Uma técnica in vitro para gerar armadilhas extracelulares de neutrófilos humanos

Armadilhas extracelulares de neutrófilos, ou NETs, são estruturas semelhantes a teias de fibras de cromatina complexadas com proteínas antimicrobianas que prendem e neutralizam patógenos. Os TNEs são secretados por neutrófilos - células imunes que armazenam proteínas antimicrobianas em grânulos citoplasmáticos especializados.

Para estudar a formação de TNE in vitro, tome uma suspensão de neutrófilos isolados. Adicione acetato de miristato de forbol, ou PMA - um composto pró-inflamatório lipofílico. Coloque as células em placas e incuba.

O PMA atravessa a membrana dos neutrófilos e entra no citoplasma, onde se liga e ativa a proteína quinase C ou PKC.

A PKC ativada induz a sinalização a jusante para fosforilar componentes citoplasmáticos da NADPH oxidase - um complexo enzimático - causando sua montagem no plasma e na membrana granular. O complexo produz espécies reativas de oxigênio ou ROS.

As ROS causam a liberação de proteases e proteínas antimicrobianas dos grânulos. Proteases granulares, juntamente com enzimas de citrulinação ativadas por ROS, translocam para o núcleo.

As proteases granulares causam degradação parcial das histonas, enquanto as enzimas de citrulinação promovem a citrulinação das histonas - neutralizando as cargas positivas. Essas modificações interrompem as interações histona-DNA, resultando na descondensação da cromatina.

A modificação da lâmina nuclear causa ruptura do envelope nuclear e exteriorização da cromatina; a cromatina se mistura com as proteínas antimicrobianas citoplasmáticas, formando NETs. A permeabilização da membrana celular causa a liberação extracelular de NETs.
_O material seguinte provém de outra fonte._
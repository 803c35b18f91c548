ghost use Rattle.std.specs.Prelude.{◌≡◌, ◌≤◌, [], ◌∷◌, length, drop};
ghost use Rattle.of_cells.specs.Outcomes.{Becomes};
ghost use Rattle.of_stacks.specs.Stacks.{within};
ghost use Rattle.of_fcodes.specs.declared.words.NumbersWord.{NumbersWord};
ghost use Rattle.of_cells.specs.Doubles.{number_of};
ghost use Rattle.of_calc.specs.Arithmetic.{double_of};
ghost use Rattle.of_prims.specs.Data.{data_of};
ghost use Rattle.of_prims.specs.Numbers.{numbers_entry, beside, holding};
ghost use Rattle.of_format.specs.Pictured.{held};

use crate::faults::slice;
use of_cells::{Cell, Double};
use of_fcodes::NumbersWord;
use of_format::{Pictured, base, digit, digit_byte, double_text, read_number, unsigned_text};
use of_memory::Memory;
use of_stacks::{DataStack, Throw};

/// The address of the cell `base`.
const BASE: Cell = Cell(0x50_0000);

/// What `fcode-revision` answers.
const REVISION: Cell = Cell(0x3_0000);

/// ( char -- ) holds the low byte.
#[tactic(auto, unfolding(crate::specs::Numbers::numbers_entry))]
#[inline(never)]
fn hold_char(
    stack: &mut DataStack,
    memory: &mut Memory,
    pictured: &mut Pictured,
) -> Result<(), Throw>
    ensures { Becomes (numbers_entry NumbersWord.Hold stack.old memory.old pictured.old)
        (data_of stack.old memory.old pictured.old) (data_of stack.new memory.new pictured.new) result }
{
    let char = stack.peek()?;
    pictured.hold(memory, char.low_byte().0 as u8)?;
    stack.drop_top(1);
    Ok(())
}

/// ( n -- ) holds `-`.
#[inline(never)]
fn hold_minus(
    stack: &mut DataStack,
    memory: &mut Memory,
    pictured: &mut Pictured,
) -> Result<(), Throw>
    requires { 1 ≤ length stack.old }
    ensures { Becomes (holding (drop 1 stack.old) (held memory.old pictured.old (45 ∷ [])))
        (data_of stack.old memory.old pictured.old) (data_of stack.new memory.new pictured.new) result }
{
    pictured.hold(memory, b'-')?;
    stack.drop_top(1);
    Ok(())
}

/// ( n -- ) holds `-` where the number is negative.
#[tactic(auto, unfolding(crate::specs::Numbers::numbers_entry))]
#[inline(never)]
fn hold_sign(
    stack: &mut DataStack,
    memory: &mut Memory,
    pictured: &mut Pictured,
) -> Result<(), Throw>
    ensures { Becomes (numbers_entry NumbersWord.Sign stack.old memory.old pictured.old)
        (data_of stack.old memory.old pictured.old) (data_of stack.new memory.new pictured.new) result }
{
    let n = stack.peek()?;
    if n.is_less(Cell::ZERO) {
        return hold_minus(stack, memory, pictured);
    }
    stack.drop_top(1);
    Ok(())
}

/// The number of a double that stands in two cells.
#[inline]
fn number_of(low: Cell, high: Cell) -> u64
    ensures { result ≡ number_of (double_of low high) }
{
    Double { low, high }.number()
}

/// ( d -- d ) holds the last digit, and leaves the other ones.
#[tactic(auto, unfolding(crate::specs::Numbers::numbers_entry))]
#[inline(never)]
fn hold_digit(
    stack: &mut DataStack,
    memory: &mut Memory,
    pictured: &mut Pictured,
) -> Result<(), Throw>
    ensures { Becomes (numbers_entry NumbersWord.NextDigit stack.old memory.old pictured.old)
        (data_of stack.old memory.old pictured.old) (data_of stack.new memory.new pictured.new) result }
{
    let (low, high) = stack.top_two()?;
    let base = u64::from(base(memory)?);
    let number = number_of(low, high);
    pictured.hold(memory, digit_byte((number % base) as u32))?;
    let rest = Double::new(number / base);
    stack.replace_two(rest.low);
    stack.push(rest.high);
    Ok(())
}

/// ( d -- 0 0 ) holds all digits.
#[tactic(auto, unfolding(crate::specs::Numbers::numbers_entry))]
#[inline(never)]
fn hold_digits(
    stack: &mut DataStack,
    memory: &mut Memory,
    pictured: &mut Pictured,
) -> Result<(), Throw>
    ensures { Becomes (numbers_entry NumbersWord.AllDigits stack.old memory.old pictured.old)
        (data_of stack.old memory.old pictured.old) (data_of stack.new memory.new pictured.new) result }
{
    let (low, high) = stack.top_two()?;
    let text = double_text(Double { low, high }, base(memory)?);
    pictured.hold_text(memory, text.as_bytes())?;
    stack.replace_two(Cell::ZERO);
    stack.push(Cell::ZERO);
    Ok(())
}

/// ( u -- u ) holds the last digit, and leaves the other ones.
#[tactic(auto, unfolding(crate::specs::Numbers::numbers_entry))]
#[inline(never)]
fn hold_unsigned_digit(
    stack: &mut DataStack,
    memory: &mut Memory,
    pictured: &mut Pictured,
) -> Result<(), Throw>
    ensures { Becomes (numbers_entry NumbersWord.UnsignedDigit stack.old memory.old pictured.old)
        (data_of stack.old memory.old pictured.old) (data_of stack.new memory.new pictured.new) result }
{
    let u = stack.peek()?;
    let base = base(memory)?;
    pictured.hold(memory, digit_byte(u.0 % base))?;
    stack.replace_top(Cell(u.0 / base));
    Ok(())
}

/// ( u -- 0 ) holds all digits.
#[tactic(auto, unfolding(crate::specs::Numbers::numbers_entry))]
#[inline(never)]
fn hold_unsigned_digits(
    stack: &mut DataStack,
    memory: &mut Memory,
    pictured: &mut Pictured,
) -> Result<(), Throw>
    ensures { Becomes (numbers_entry NumbersWord.UnsignedDigits stack.old memory.old pictured.old)
        (data_of stack.old memory.old pictured.old) (data_of stack.new memory.new pictured.new) result }
{
    let u = stack.peek()?;
    let text = unsigned_text(u, base(memory)?);
    pictured.hold_text(memory, text.as_bytes())?;
    stack.replace_top(Cell::ZERO);
    Ok(())
}

/// ( d -- s n ) the pictured text.
#[tactic(auto, unfolding(crate::specs::Numbers::numbers_entry))]
#[inline(never)]
fn end_text(stack: &mut DataStack, memory: &Memory, pictured: &Pictured) -> Result<(), Throw>
    ensures { Becomes (numbers_entry NumbersWord.End stack.old memory.now pictured.now)
        (data_of stack.old memory.now pictured.now) (data_of stack.new memory.now pictured.now) result }
{
    let _ = stack.top_two()?;
    let (address, length) = pictured.text();
    stack.replace_two(address);
    stack.push(length);
    Ok(())
}

/// ( u -- s n ) the pictured text.
#[tactic(auto, unfolding(crate::specs::Numbers::numbers_entry))]
#[inline(never)]
fn end_unsigned_text(
    stack: &mut DataStack,
    memory: &Memory,
    pictured: &Pictured,
) -> Result<(), Throw>
    ensures { Becomes (numbers_entry NumbersWord.UnsignedEnd stack.old memory.now pictured.now)
        (data_of stack.old memory.now pictured.now) (data_of stack.new memory.now pictured.now) result }
{
    let _ = stack.peek()?;
    stack.room_for(1)?;
    let (address, length) = pictured.text();
    stack.replace_top(address);
    stack.push(length);
    Ok(())
}

/// ( s n -- true, or x false ) the number that a text reads as.
#[tactic(auto, unfolding(crate::specs::Numbers::numbers_entry))]
#[inline(never)]
fn parse_number(stack: &mut DataStack, memory: &Memory, pictured: &Pictured) -> Result<(), Throw>
    ensures { Becomes (numbers_entry NumbersWord.ParseNumber stack.old memory.now pictured.now)
        (data_of stack.old memory.now pictured.now) (data_of stack.new memory.now pictured.now) result }
{
    let (a, n) = stack.top_two()?;
    let text = slice(memory, a, n)?;
    let base = base(memory)?;
    let Some(x) = read_number(text, base) else {
        stack.replace_two(Cell::TRUE);
        return Ok(());
    };
    stack.replace_two(x);
    stack.push(Cell::ZERO);
    Ok(())
}

/// ( char base -- digit true, or char false ) the value of a character as a digit.
#[tactic(auto, unfolding(crate::specs::Numbers::numbers_entry))]
#[inline(never)]
fn parse_digit(stack: &mut DataStack, memory: &Memory, pictured: &Pictured) -> Result<(), Throw>
    ensures { Becomes (numbers_entry NumbersWord.Digit stack.old memory.now pictured.now)
        (data_of stack.old memory.now pictured.now) (data_of stack.new memory.now pictured.now) result }
{
    let (char, base) = stack.top_two()?;
    let Some(value) = digit(char.0, base.0) else {
        stack.replace_top(Cell::ZERO);
        return Ok(());
    };
    stack.replace_two(Cell(value));
    stack.push(Cell::TRUE);
    Ok(())
}

/// ( -- n ) a number goes on top.
#[inline]
fn push_number(
    n: Cell,
    stack: &mut DataStack,
    memory: &Memory,
    pictured: &Pictured,
) -> Result<(), Throw>
    ensures { Becomes (beside memory.now pictured.now (within (n ∷ stack.old)))
        (data_of stack.old memory.now pictured.now) (data_of stack.new memory.now pictured.now) result }
{
    stack.try_push(n)
}

/// Runs a word of the group Numbers over the data stack, the data space and the pictured text; a
/// throw changes nothing.
///
/// -4 where a cell is missing, then -9 where a text can't be read, -24 where `base` is no base, -17
/// where the pictured text is full, -3 where the stack has no room.
#[tactic(auto, unfolding(crate::specs::Numbers::numbers_entry))]
#[inline]
pub fn run_number_word(
    word: NumbersWord,
    stack: &mut DataStack,
    memory: &mut Memory,
    pictured: &mut Pictured,
) -> Result<(), Throw>
    ensures { Becomes (numbers_entry word stack.old memory.old pictured.old)
        (data_of stack.old memory.old pictured.old) (data_of stack.new memory.new pictured.new) result }
{
    match word {
        NumbersWord::Begin => pictured.start(),
        NumbersWord::Hold => hold_char(stack, memory, pictured)?,
        NumbersWord::Sign => hold_sign(stack, memory, pictured)?,
        NumbersWord::NextDigit => hold_digit(stack, memory, pictured)?,
        NumbersWord::AllDigits => hold_digits(stack, memory, pictured)?,
        NumbersWord::End => end_text(stack, memory, pictured)?,
        NumbersWord::UnsignedDigit => hold_unsigned_digit(stack, memory, pictured)?,
        NumbersWord::UnsignedDigits => hold_unsigned_digits(stack, memory, pictured)?,
        NumbersWord::UnsignedEnd => end_unsigned_text(stack, memory, pictured)?,
        NumbersWord::Base => push_number(BASE, stack, memory, pictured)?,
        NumbersWord::ParseNumber => parse_number(stack, memory, pictured)?,
        NumbersWord::Digit => parse_digit(stack, memory, pictured)?,
        NumbersWord::MinusOne => push_number(Cell::TRUE, stack, memory, pictured)?,
        NumbersWord::Zero => push_number(Cell::ZERO, stack, memory, pictured)?,
        NumbersWord::One => push_number(Cell::ONE, stack, memory, pictured)?,
        NumbersWord::Two => push_number(Cell(2), stack, memory, pictured)?,
        NumbersWord::Three => push_number(Cell(3), stack, memory, pictured)?,
        NumbersWord::Noop => {}
        NumbersWord::FcodeRevision => push_number(REVISION, stack, memory, pictured)?,
    }
    Ok(())
}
Descarte o meio sem perturbar os TNEs e neutrófilos aderidos na parte inferior. Ressuspenda os componentes aderidos em um buffer.

Centrifugue para precipitar as células - deixando um sobrenadante rico em NET pronto para ensaios a jusante.

Para estimular a formação de armadilhas extracelulares de neutrófilos, ou NETs, adicione 500 nanomolares de PMA a 30 mililitros da suspensão de neutrófilos em uma placa plana de cultura de tecidos de 150 milímetros por 25 milímetros com uma grade de 20 milímetros. Incube as células por quatro horas a 37 graus Celsius sob 5% de dióxido de carbono.

Após a incubação, aspire suavemente e descarte o meio, tomando cuidado para não romper a camada de TNEs e neutrófilos aderidos ao fundo do prato. Em seguida, use uma pipeta para lavar o fundo de cada prato com 15 mililitros de PBS frio sem cálcio e magnésio. Todo o material aderente deve ser removido do fundo.

Recolher a suspensão de lavagem num tubo cónico de 15 mililitros e centrifugar a 450 x g durante 10 minutos a 4 graus Celsius. Os neutrófilos e quaisquer células restantes serão pellets na parte inferior, deixando um sobrenadante rico em NET e sem células.

Em seguida, decantar o sobrenadante em vários tubos de 1,5 mililitro e centrifugar a 18.000 x g por 10 minutos a 4 graus Celsius para pellet o DNA. Descarte o sobrenadante e ressuspenda o pellet em PBS de modo que a concentração corresponda a 2 x^10,7 neutrófilos por 100 microlitros de PBS. Esse estoque NET livre de células pode ser usado para experimentos subsequentes.